— Work item —
Extract all of the entries and give them again, word for word.

[Records from a collection]
//! The lines of a grammar text, and what each line says.
ghost use Rattle.std.specs.Prelude.{◌≡◌, ◌==◌, ◌<◌, ◌+◌, ◌^◌, ◌++◌, ◌∷◌, [], filter, not, IfOk, OnOk, map, length};
ghost use Rattle.std.specs.List.{slice_split};
ghost use Rattle.grammar_text.specs.Lines.{is_empty, words_of, without_cr, marked_line, line_of_words, placed_of, is_fault};

use crate::symbols::{is_a_name, name_of, pieces, symbols_of};
use lalrpop_base::memory::OutOfMemory;
use lalrpop_base::repr::{NonterminalString, Span, Symbols};
use std::alloc::Global;

/// What a line of a grammar text says.
#[derive(Drop)]
pub enum Line {
    /// A line without words.
    Blank,
    /// The left side and the right side of a production.
    Production(NonterminalString, Symbols),
    /// A mark: the nonterminal is to be inlined.
    Inline(NonterminalString),
    /// A line that is no grammar line.
    Fault,
}

/// A line and its span: the offsets in bytes of its first byte and of the byte after its last.
#[derive(Drop)]
pub struct PlacedLine {
    pub line: Line,
    pub span: Span,
}

// What a line with these words says.
fn line_of_words(alloc: Global, words: &[&str]) -> Result<Line, OutOfMemory>
    ensures { IfOk result (λ line. line ≡ line_of_words (map (λ w. w.now) words.now)) }
{
    let Some((first, others)) = words.split_first() else {
        return Ok(Line::Blank);
    };
    let Some((second, rest)) = others.split_first() else {
        return Ok(Line::Fault);
    };
    if *second != "=" || !is_a_name(first) {
        return marked_line(alloc, first, second, rest);
    }
    match symbols_of(alloc, rest)? {
        None => Ok(Line::Fault),
        Some(symbols) => Ok(Line::Production(name_of(alloc, first)?, symbols)),
    }
}

// What a line says that is no production: a mark, or else a fault.
fn marked_line(alloc: Global, first: &str, second: &str, rest: &[&str]) -> Result<Line, OutOfMemory>
    ensures { IfOk result
        (λ line. line ≡ marked_line first.now second.now (map (λ w. w.now) rest.now)) }
{
    if rest.is_empty() && first == "inline" && is_a_name(second) {
        return Ok(Line::Inline(name_of(alloc, second)?));
    }
    Ok(Line::Fault)
}

// The words of a line, which are between spaces and tabs.
fn words_in<'a>(alloc: Global, line: &'a str) -> Result<Vec<&'a str>, OutOfMemory>
    ensures { IfOk result (λ words. map (λ w. w.now) words.items ≡ words_of line.now) }
{
    let mut words = Vec::new(alloc);
    let parts = pieces(alloc, line, ' ')?;
    for part in &parts {
        push_words(alloc, &mut words, part)?;
    }
    Ok(words)
}

// Adds the words between the tabs of a piece.
fn push_words<'a>(alloc: Global, words: &mut Vec<&'a str>, part: &'a str) -> Result<(), OutOfMemory>
    ensures { OnOk result (map (λ w. w.now) words.new.items
        ≡ map (λ w. w.now) words.old.items
        ++ filter (λ w. not (is_empty w)) (slice_split (λ b. b == 9) part.now)) }
{
    let found = pieces(alloc, part, '\t')?;
    for word in &found {
        push_word(words, word)?;
    }
    Ok(())
}

// Adds a word to the list, unless the word is empty.
fn push_word<'a>(words: &mut Vec<&'a str>, word: &'a str) -> Result<(), OutOfMemory>
    ensures { OnOk result (map (λ w. w.now) words.new.items
        ≡ map (λ w. w.now) words.old.items ++ filter (λ w. not (is_empty w)) (word.now ∷ [])) }
{
    if !word.is_empty() {
        words.push(word)?;
    }
    Ok(())
}

/// The line without a CR at its end, which belongs to the line end.
pub fn before_cr(line: &str) -> &str
    ensures { result.now ≡ without_cr line.now }
{
    match line.strip_suffix('\r') {
        None => line,
        Some(front) => front,
    }
}

/// What a line says, and its span. The line begins at the offset `at`, in bytes.
pub fn placed_line(alloc: Global, line: &str, at: usize) -> Result<PlacedLine, OutOfMemory>
    requires { at + length line.now < 2 ^ 64 }
    ensures { IfOk result (λ placed. placed ≡ placed_of at line.now) }
{
    let shown = before_cr(line);
    let span = Span(at, at + shown.len());
    let words = words_in(alloc, shown)?;
    let line = line_of_words(alloc, &words)?;
    Ok(PlacedLine { line, span })
}

impl PlacedLine {
    /// Whether the line is no grammar line.
    pub fn is_no_grammar_line(&self) -> bool
        ensures { result ≡ is_fault self.now }
    {
        matches!(self.line, Line::Fault)
    }
}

— Your solution —
//! The lines of a grammar text, and what each line says.
ghost use Rattle.std.specs.Prelude.{◌≡◌, ◌==◌, ◌<◌, ◌+◌, ◌^◌, ◌++◌, ◌∷◌, [], filter, not, IfOk, OnOk, map, length};
ghost use Rattle.std.specs.List.{slice_split};
ghost use Rattle.grammar_text.specs.Lines.{is_empty, words_of, without_cr, marked_line, line_of_words, placed_of, is_fault};

use crate::symbols::{is_a_name, name_of, pieces, symbols_of};
use lalrpop_base::memory::OutOfMemory;
use lalrpop_base::repr::{NonterminalString, Span, Symbols};
use std::alloc::Global;

/// What a line of a grammar text says.
#[derive(Drop)]
pub enum Line {
    /// A line without words.
    Blank,
    /// The left side and the right side of a production.
    Production(NonterminalString, Symbols),
    /// A mark: the nonterminal is to be inlined.
    Inline(NonterminalString),
    /// A line that is no grammar line.
    Fault,
}

/// A line and its span: the offsets in bytes of its first byte and of the byte after its last.
#[derive(Drop)]
pub struct PlacedLine {
    pub line: Line,
    pub span: Span,
}

// What a line with these words says.
fn line_of_words(alloc: Global, words: &[&str]) -> Result<Line, OutOfMemory>
    ensures { IfOk result (λ line. line ≡ line_of_words (map (λ w. w.now) words.now)) }
{
    let Some((first, others)) = words.split_first() else {
        return Ok(Line::Blank);
    };
    let Some((second, rest)) = others.split_first() else {
        return Ok(Line::Fault);
    };
    if *second != "=" || !is_a_name(first) {
        return marked_line(alloc, first, second, rest);
    }
    match symbols_of(alloc, rest)? {
        None => Ok(Line::Fault),
        Some(symbols) => Ok(Line::Production(name_of(alloc, first)?, symbols)),
    }
}

// What a line says that is no production: a mark, or else a fault.
fn marked_line(alloc: Global, first: &str, second: &str, rest: &[&str]) -> Result<Line, OutOfMemory>
    ensures { IfOk result
        (λ line. line ≡ marked_line first.now second.now (map (λ w. w.now) rest.now)) }
{
    if rest.is_empty() && first == "inline" && is_a_name(second) {
        return Ok(Line::Inline(name_of(alloc, second)?));
    }
    Ok(Line::Fault)
}

// The words of a line, which are between spaces and tabs.
fn words_in<'a>(alloc: Global, line: &'a str) -> Result<Vec<&'a str>, OutOfMemory>
    ensures { IfOk result (λ words. map (λ w. w.now) words.items ≡ words_of line.now) }
{
    let mut words = Vec::new(alloc);
    let parts = pieces(alloc, line, ' ')?;
    for part in &parts {
        push_words(alloc, &mut words, part)?;
    }
    Ok(words)
}

// Adds the words between the tabs of a piece.
fn push_words<'a>(alloc: Global, words: &mut Vec<&'a str>, part: &'a str) -> Result<(), OutOfMemory>
    ensures { OnOk result (map (λ w. w.now) words.new.items
        ≡ map (λ w. w.now) words.old.items
        ++ filter (λ w. not (is_empty w)) (slice_split (λ b. b == 9) part.now)) }
{
    let found = pieces(alloc, part, '\t')?;
    for word in &found {
        push_word(words, word)?;
    }
    Ok(())
}

// Adds a word to the list, unless the word is empty.
fn push_word<'a>(words: &mut Vec<&'a str>, word: &'a str) -> Result<(), OutOfMemory>
    ensures { OnOk result (map (λ w. w.now) words.new.items
        ≡ map (λ w. w.now) words.old.items ++ filter (λ w. not (is_empty w)) (word.now ∷ [])) }
{
    if !word.is_empty() {
        words.push(word)?;
    }
    Ok(())
}

/// The line without a CR at its end, which belongs to the line end.
pub fn before_cr(line: &str) -> &str
    ensures { result.now ≡ without_cr line.now }
{
    match line.strip_suffix('\r') {
        None => line,
        Some(front) => front,
    }
}

/// What a line says, and its span. The line begins at the offset `at`, in bytes.
pub fn placed_line(alloc: Global, line: &str, at: usize) -> Result<PlacedLine, OutOfMemory>
    requires { at + length line.now < 2 ^ 64 }
    ensures { IfOk result (λ placed. placed ≡ placed_of at line.now) }
{
    let shown = before_cr(line);
    let span = Span(at, at + shown.len());
    let words = words_in(alloc, shown)?;
    let line = line_of_words(alloc, &words)?;
    Ok(PlacedLine { line, span })
}

impl PlacedLine {
    /// Whether the line is no grammar line.
    pub fn is_no_grammar_line(&self) -> bool
        ensures { result ≡ is_fault self.now }
    {
        matches!(self.line, Line::Fault)
    }
}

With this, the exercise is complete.